Security-Constrained Power Allocation in MU-Massive-MIMO With Distributed Antennas.

We consider the physical layer security in a multi-user massive multiple-input multiple-output system, where an eavesdropper (Eve) can intercept the information intended for any of the legitimate users. Several remote radio heads (RRHs), each equipped with massive antennas, are deployed to create the distributed antenna system (DAS). With the cooperative maximum-ratio transmission, we propose three secure transmit strategies, i.e., the centralized and autonomous full (CF & AF) transmissions with explicit artificial noise (AN), and the autonomous DAS (AD) scheme using implicit AN. We first derive closed-form deterministic equivalents of the signal to interference-plus-noise ratios (SINRs) of users and Eve for all the schemes.

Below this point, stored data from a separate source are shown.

use refusal::{Reason, Refusal};
use rows::{Origin, ROW_WORDS, Row};

/// The rows that a map may have, in or out (RULES 11).
pub const MOST_ROWS: usize = 1024;

/// A map that was tested: its rows are well formed (RULES 10.1). `FrameMap::of` alone makes one.
#[derive(Clone, Copy, Debug, PartialEq)]
pub struct FrameMap<'a> {
    /// Five words a row: source, source first, frame count, out first, shift flag (0 or 1).
    pub words: &'a [u64],
    /// A shift a row, 0 where it is absent.
    pub shifts: &'a [i64],
    /// How many frames the map has.
    pub frames: u64,
    ghost tested: { map_refusal words.now shifts.now ≡ Ok tt },
    ghost counted: { frames ≡ total (rows words.now shifts.now) },
}

/// The frames of a map from `from` on that come before `to`.
#[derive(Clone, Copy, Debug, PartialEq)]
pub struct Range {
    /// The first frame.
    pub from: u64,
    /// The frame after the last.
    pub to: u64,
}

/// The rows that a cut takes.
#[derive(Clone, Copy, Debug, PartialEq)]
pub struct Taken {
    /// The number of the first of them.
    pub first: usize,
    /// How many there are.
    pub count: usize,
}

// Row i of a lent map.
fn row_at(words: &[u64], shifts: &[i64], i: usize) -> Row
    requires { (5 * i + 5 ≤ length words.now) × (i < length shifts.now) }
    ensures { result ≡ row_at words.now shifts.now i }
{
    let j = ROW_WORDS * i;
    Row {
        source: words[j],
        first: words[j + 1],
        count: words[j + 2],
        out: words[j + 3],
        flag: words[j + 4],
        shift: shifts[i],
    }
}

// A row stored as row `at` of what is lent.
fn put_row(out_words: &mut [u64], out_shifts: &mut [i64], at: usize, row: Row)
    requires { (5 * at + 5 ≤ length out_words.old) × (at < length out_shifts.old) }
    ensures { (out_words.new ≡ sets out_words.old (5 * at) (row_words row))
        × (out_shifts.new ≡ slice_set out_shifts.old at row.shift) }
{
    rows::put_words(out_words, at, row);
    out_shifts[at] = row.shift;
}

// Whether a row's flag is 0 or 1, and its shift 0 where the flag is 0.
fn ok_shift(row: Row) -> bool
    ensures { result ≡ ok_shift row }
{
    (row.flag == 1) | ((row.flag == 0) & (row.shift == 0))
}

// Whether a row is well formed where output frame `next` is next; `end` is next after it, where
// that doesn't wrap. A sum that wraps is less than what was added to, so that one test of the
// source's end finds both that and a count of 0.
#[tactic(auto, using(crate::proofs::Tested::tested))]
fn ok_row(next: u64, end: u64, row: Row) -> bool
    requires { end ≡ (next + row.count) % 2 ^ 64 }
    ensures { result ≡ ok_row next row }
{
    let source_end = row.first.wrapping_add(row.count);
    if source_end <= row.first {
        return false;
    }
    if end < next {
        return false;
    }
    if row.out != next {
        return false;
    }
    ok_shift(row)
}

// Whether two lent slices have the lengths of a map of some rows. A shift has eight bytes, so that
// five times their number fits.
fn is_sized(words: &[u64], shifts: &[i64]) -> bool
    ensures { result ≡ sized (length words.now) (length shifts.now) }
{
    (0 < shifts.len()) & (words.len() == ROW_WORDS * shifts.len())
}

// The frames of a map, or 51 at its first row that isn't well formed.
#[tactic(auto, using(crate::proofs::Written::judged))]
fn judge(words: &[u64], shifts: &[i64]) -> Result<u64, Refusal>
    requires { length words.now ≡ 5 * length shifts.now }
    ensures { result
        ≡ result_and
        (first_bad 0 0 (rows words.now shifts.now))
        (Ok (total (rows words.now shifts.now))) }
{
    let mut next: u64 = 0;
    for i in 0..shifts.len() {
        let row = row_at(words, shifts, i);
        let end = next.wrapping_add(row.count);
        if !ok_row(next, end, row) {
            return Err(Reason::BadRows.at(i));
        }
        next = end;
    }
    Ok(next)
}

// Whether so many rows are no more than a map may have, nor than there is room for.
fn has_room(count: usize, word_room: usize, shift_room: usize) -> bool
    ensures { result ≡ fits count word_room shift_room }
{
    count <= MOST_ROWS && ROW_WORDS * count <= word_room && count <= shift_room
}

// A row's overlap with a range, counted from the range's begin.
fn clipped(row: Row, range: Range) -> Row
    requires { (max range.from row.out < min range.to (row_end row))
        × (row_end row ≤ max_u64)
        × (row.first + row.count ≤ max_u64) }
    ensures { result ≡ clip range.from range.to row }
{
    Row {
        first: row.first + range.from.saturating_sub(row.out),
        count: range.to.min(row.out + row.count) - range.from.max(row.out),
        out: row.out.saturating_sub(range.from),
        ..row
    }
}

// Whether a row continues the one that grows.
fn runs_on(current: Row, row: Row) -> bool
    requires { current.first + current.count ≤ max_u64 }
    ensures { result ≡ runs_on current row }
{
    (current.source == row.source)
        & (current.first + current.count == row.first)
        & (current.flag == row.flag)
        & (current.shift == row.shift)
}

// The row that grows, with the frames of the row that continues it.
fn glued(current: Row, row: Row) -> Row
    requires { current.count + row.count ≤ max_u64 }
    ensures { result ≡ glue current row }
{
    Row {
        count: current.count + row.count,
        ..current
    }
}

// A row, so many output frames later.
fn later(row: Row, later_by: u64) -> Row
    requires { later_by + row.out ≤ max_u64 }
    ensures { result ≡ moved later_by row }
{
    Row {
        out: later_by + row.out,
        ..row
    }
}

Then, we formulate two security-constrained power allocation problems aiming at: 1) maximizing the minimum user SINR and 2) minimizing the sum transmit power. Except for the optimization in the CF scheme, which yields linear programming, all others result in complementary geometric programming (GP), and are solved by successive approximations into ordinary GP. Numerical results demonstrate: 1) the significance of deploying the RRHs and autonomous power allocation to increase the user SINR; 2) the notable power-saving in the AF scheme; and 3) the improved power reduction in the AD scheme with a limited number of RRHs and antennas per RRH.